(Extracted records)
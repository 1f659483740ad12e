//! Laws on state spaces of tasks, on digits and successors of states, and on faults of plans. Each
//! is the contract of a function without a body.
ghost use Rattle.pb_task.specs.Widths.{StatesFitTheirWidth};
ghost use Rattle.pb_task.specs.Laws.{GridsAreProper, TilesAreProper, BoardsArePacked, TilesSlide, StripsAreProper, StripsAct, SetsAreOfAtoms, TasksAreProper, DegreesAreBounded, FaultsAreUnique, FaultsKeepFromPlans};

/// The steps of a grid are by four actions, lead from states to states and cost 1 or 2. Its states
/// have 22 bits.
pub fn grids_are_proper()
    ensures { GridsAreProper }
{}

/// The steps of sliding tiles are by four actions, lead from boards to boards and cost 1. Their
/// states have 64 bits.
pub fn tiles_are_proper()
    ensures { TilesAreProper }
{}

/// Boards of at most 16 cells and their states are one to one, and each number has four bits.
pub fn boards_are_packed()
    ensures { BoardsArePacked }
{}

/// The steps of sliding tiles are exactly the exchanges of a board's blank and the tile beside it
/// in the action's direction.
pub fn tiles_slide()
    ensures { TilesSlide }
{}

/// The steps of a STRIPS task are by its actions, lead between sets of its atoms and cost 1 to
/// 2^20. Its states have as many bits as a task may have atoms.
pub fn strips_are_proper()
    ensures { StripsAreProper }
{}

/// The steps of a STRIPS task are those by which an action acts. The atoms that the action needs
/// hold before it. After it the atoms hold that it adds, and those from before that it doesn't
/// delete.
pub fn strips_act()
    ensures { StripsAct }
{}

/// A set of atoms has those atoms that its test accepts, and is known by its atoms.
pub fn sets_are_of_atoms()
    ensures { SetsAreOfAtoms }
{}

/// The state space of a task is proper.
pub fn tasks_are_proper()
    ensures { TasksAreProper }
{}

/// A state of a task has no more hexadecimal digits than the task's width, which is 1 to 256.
pub fn states_fit_their_width()
    ensures { StatesFitTheirWidth }
{}

/// No state of a task has more successors than its greatest degree.
pub fn degrees_are_bounded()
    ensures { DegreesAreBounded }
{}

/// A list of actions has one fault at most.
pub fn faults_are_unique()
    ensures { FaultsAreUnique }
{}

/// A list of actions that has a fault is no plan.
pub fn faults_keep_from_plans()
    ensures { FaultsKeepFromPlans }
{}
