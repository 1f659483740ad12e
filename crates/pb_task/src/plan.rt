//! Whether a list of actions is a plan, what it costs, and its first fault.
ghost use Rattle.std.specs.Prelude.{◌≡◌, ◌≤◌, ◌^◌, ℕ, Ok, IfOk, IfErr, length};
ghost use Rattle.pb_model.specs.Plan.{IsPlan};
ghost use Rattle.pb_task.specs.Parts.{space_of};
ghost use Rattle.pb_task.specs.Faults.{IsFault};

use crate::task::Task;

/// What keeps a list of actions from being a plan.
#[derive(Clone, Copy, Debug, PartialEq, Eq)]
pub enum PlanFault {
    /// The action at place `i`, counted from 0, is not applicable after those before it.
    Step { i: u64 },
    /// All actions are applicable, one after another, and lead to a state that is no goal.
    NotGoal,
}

impl Task {
    /// What a plan costs, or why a list of actions is no plan. It takes no memory.
    pub fn validate(&self, plan: &[u32]) -> Result<u64, PlanFault>
        requires { length plan.now ≤ 2 ^ 40 }
        ensures cost { IfOk result (λ cost. IsPlan (space_of self.now)
            (record { actions = plan.now; cost = cost })) }
        ensures plan { (cost : ℕ) → IsPlan (space_of self.now)
            (record { actions = plan.now; cost = cost }) → result ≡ Ok cost }
        ensures fault { IfErr result (IsFault (space_of self.now) plan.now) }
    {
        let mut state = self.initial();
        let mut cost = 0;
        for i in 0..plan.len() {
            let Some(step) = self.apply(&state, plan[i]) else {
                return Err(PlanFault::Step { i: i as u64 });
            };
            state = step.0;
            // 2^40 actions at a cost of at most 2^20 each fit 64 bits.
            cost += step.1;
        }
        if self.is_goal(&state) {
            Ok(cost)
        } else {
            Err(PlanFault::NotGoal)
        }
    }
}
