//! The kinds of tasks, and what command lines and certificates call them.
ghost use Rattle.std.specs.Prelude.{◌≡◌, ◌≤◌, length};
ghost use Rattle.pb_task.specs.Kinds.{kind_name};

/// The kinds of tasks.
#[derive(Clone, Copy, Debug, PartialEq, Eq)]
pub enum Kind {
    /// A way on a map.
    Grid,
    /// A sliding-tile puzzle.
    Tiles,
    /// A task over sets of atoms.
    Strips,
}

impl Kind {
    /// What a command line and a certificate call the kind.
    pub fn name(&self) -> &'static str
        ensures name { result.now ≡ kind_name self.now }
        ensures short { length result.now ≤ 16 }
    {
        match self {
            Kind::Grid => "grid",
            Kind::Tiles => "tiles",
            Kind::Strips => "strips",
        }
    }
}
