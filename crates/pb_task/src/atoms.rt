//! Finding the atoms of a set, one after another.
ghost use Rattle.std.specs.Prelude.{◌≡◌, ℕ, ◌<◌, ◌≤◌, true, false};
ghost use Rattle.pb_packed.specs.Sizes.{most_atoms};
ghost use Rattle.pb_task.specs.Strips.{has_atom};

use pb_packed::Packed;

/// The first atom from one on that is in a set, and `count` if none below it is.
pub fn next_atom(set: &Packed, from: u32, count: u32) -> u32
    requires count { count ≤ most_atoms }
    requires from { from ≤ count }
    ensures from { from ≤ result }
    ensures most { result ≤ count }
    ensures none { (atom : ℕ) → from ≤ atom → atom < result → has_atom set.now atom ≡ false }
    ensures has { result < count → has_atom set.now result ≡ true }
{
    let mut at = from;
    while at < count {
        let len = (count - at).min(64);
        let word = set.bits(at, len);
        if word != 0 {
            return at + word.trailing_zeros();
        }
        at += len;
    }
    count
}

* [Directions for this task] Nothing in the records should be left out; write all of them out again exactly.

* [Answer below]
repository 1f659483740ad12e
//! Laws on state spaces of tasks, on digits and successors of states, and on faults of plans. Each
//! is the contract of a function without a body.
ghost use Rattle.pb_task.specs.Widths.{StatesFitTheirWidth};
ghost use Rattle.pb_task.specs.Laws.{GridsAreProper, TilesAreProper, BoardsArePacked, TilesSlide, StripsAreProper, StripsAct, SetsAreOfAtoms, TasksAreProper, DegreesAreBounded, FaultsAreUnique, FaultsKeepFromPlans};

/// The steps of a grid are by four actions, lead from states to states and cost 1 or 2. Its states
/// have 22 bits.
pub fn grids_are_proper()
    ensures { GridsAreProper }
{}

/// The steps of sliding tiles are by four actions, lead from boards to boards and cost 1. Their
/// states have 64 bits.
pub fn tiles_are_proper()
    ensures { TilesAreProper }
{}

/// Boards of at most 16 cells and their states are one to one, and each number has four bits.
pub fn boards_are_packed()
    ensures { BoardsArePacked }
{}

/// The steps of sliding tiles are exactly the exchanges of a board's blank and the tile beside it
/// in the action's direction.
pub fn tiles_slide()
    ensures { TilesSlide }
{}

/// The steps of a STRIPS task are by its actions, lead between sets of its atoms and cost 1 to
/// 2^20. Its states have as many bits as a task may have atoms.
pub fn strips_are_proper()
    ensures { StripsAreProper }
{}

/// The steps of a STRIPS task are those by which an action acts. The atoms that the action needs
/// hold before it. After it the atoms hold that it adds, and those from before that it doesn't
/// delete.
pub fn strips_act()
    ensures { StripsAct }
{}

/// A set of atoms has those atoms that its test accepts, and is known by its atoms.
pub fn sets_are_of_atoms()
    ensures { SetsAreOfAtoms }
{}

/// The state space of a task is proper.
pub fn tasks_are_proper()
    ensures { TasksAreProper }
{}

/// A state of a task has no more hexadecimal digits than the task's width, which is 1 to 256.
pub fn states_fit_their_width()
    ensures { StatesFitTheirWidth }
{}

/// No state of a task has more successors than its greatest degree.
pub fn degrees_are_bounded()
    ensures { DegreesAreBounded }
{}

/// A list of actions has one fault at most.
pub fn faults_are_unique()
    ensures { FaultsAreUnique }
{}

/// A list of actions that has a fault is no plan.
pub fn faults_keep_from_plans()
    ensures { FaultsKeepFromPlans }
{}
repository 1f659483740ad12e
filename crates/pb_task/src/plan.rt
//! Whether a list of actions is a plan, what it costs, and its first fault.
ghost use Rattle.std.specs.Prelude.{◌≡◌, ◌≤◌, ◌^◌, ℕ, Ok, IfOk, IfErr, length};
ghost use Rattle.pb_model.specs.Plan.{IsPlan};
ghost use Rattle.pb_task.specs.Parts.{space_of};
ghost use Rattle.pb_task.specs.Faults.{IsFault};

use crate::task::Task;

/// What keeps a list of actions from being a plan.
#[derive(Clone, Copy, Debug, PartialEq, Eq)]
pub enum PlanFault {
    /// The action at place `i`, counted from 0, is not applicable after those before it.
    Step { i: u64 },
    /// All actions are applicable, one after another, and lead to a state that is no goal.
    NotGoal,
}

impl Task {
    /// What a plan costs, or why a list of actions is no plan. It takes no memory.
    pub fn validate(&self, plan: &[u32]) -> Result<u64, PlanFault>
        requires { length plan.now ≤ 2 ^ 40 }
        ensures cost { IfOk result (λ cost. IsPlan (space_of self.now)
            (record { actions = plan.now; cost = cost })) }
        ensures plan { (cost : ℕ) → IsPlan (space_of self.now)
            (record { actions = plan.now; cost = cost }) → result ≡ Ok cost }
        ensures fault { IfErr result (IsFault (space_of self.now) plan.now) }
    {
        let mut state = self.initial();
        let mut cost = 0;
        for i in 0..plan.len() {
            let Some(step) = self.apply(&state, plan[i]) else {
                return Err(PlanFault::Step { i: i as u64 });
            };
            state = step.0;
            // 2^40 actions at a cost of at most 2^20 each fit 64 bits.
            cost += step.1;
        }
        if self.is_goal(&state) {
            Ok(cost)
        } else {
            Err(PlanFault::NotGoal)
        }
    }
}
//! The kinds of tasks, and what command lines and certificates call them.
ghost use Rattle.std.specs.Prelude.{◌≡◌, ◌≤◌, length};
ghost use Rattle.pb_task.specs.Kinds.{kind_name};

/// The kinds of tasks.
#[derive(Clone, Copy, Debug, PartialEq, Eq)]
pub enum Kind {
    /// A way on a map.
    Grid,
    /// A sliding-tile puzzle.
    Tiles,
    /// A task over sets of atoms.
    Strips,
}

impl Kind {
    /// What a command line and a certificate call the kind.
    pub fn name(&self) -> &'static str
        ensures name { result.now ≡ kind_name self.now }
        ensures short { length result.now ≤ 16 }
    {
        match self {
            Kind::Grid => "grid",
            Kind::Tiles => "tiles",
            Kind::Strips => "strips",
        }
    }
}
filename crates/pb_task/src/atoms.rt
//! Finding the atoms of a set, one after another.
ghost use Rattle.std.specs.Prelude.{◌≡◌, ℕ, ◌<◌, ◌≤◌, true, false};
ghost use Rattle.pb_packed.specs.Sizes.{most_atoms};
ghost use Rattle.pb_task.specs.Strips.{has_atom};

use pb_packed::Packed;

/// The first atom from one on that is in a set, and `count` if none below it is.
pub fn next_atom(set: &Packed, from: u32, count: u32) -> u32
    requires count { count ≤ most_atoms }
    requires from { from ≤ count }
    ensures from { from ≤ result }
    ensures most { result ≤ count }
    ensures none { (atom : ℕ) → from ≤ atom → atom < result → has_atom set.now atom ≡ false }
    ensures has { result < count → has_atom set.now result ≡ true }
{
    let mut at = from;
    while at < count {
        let len = (count - at).min(64);
        let word = set.bits(at, len);
        if word != 0 {
            return at + word.trailing_zeros();
        }
        at += len;
    }
    count
}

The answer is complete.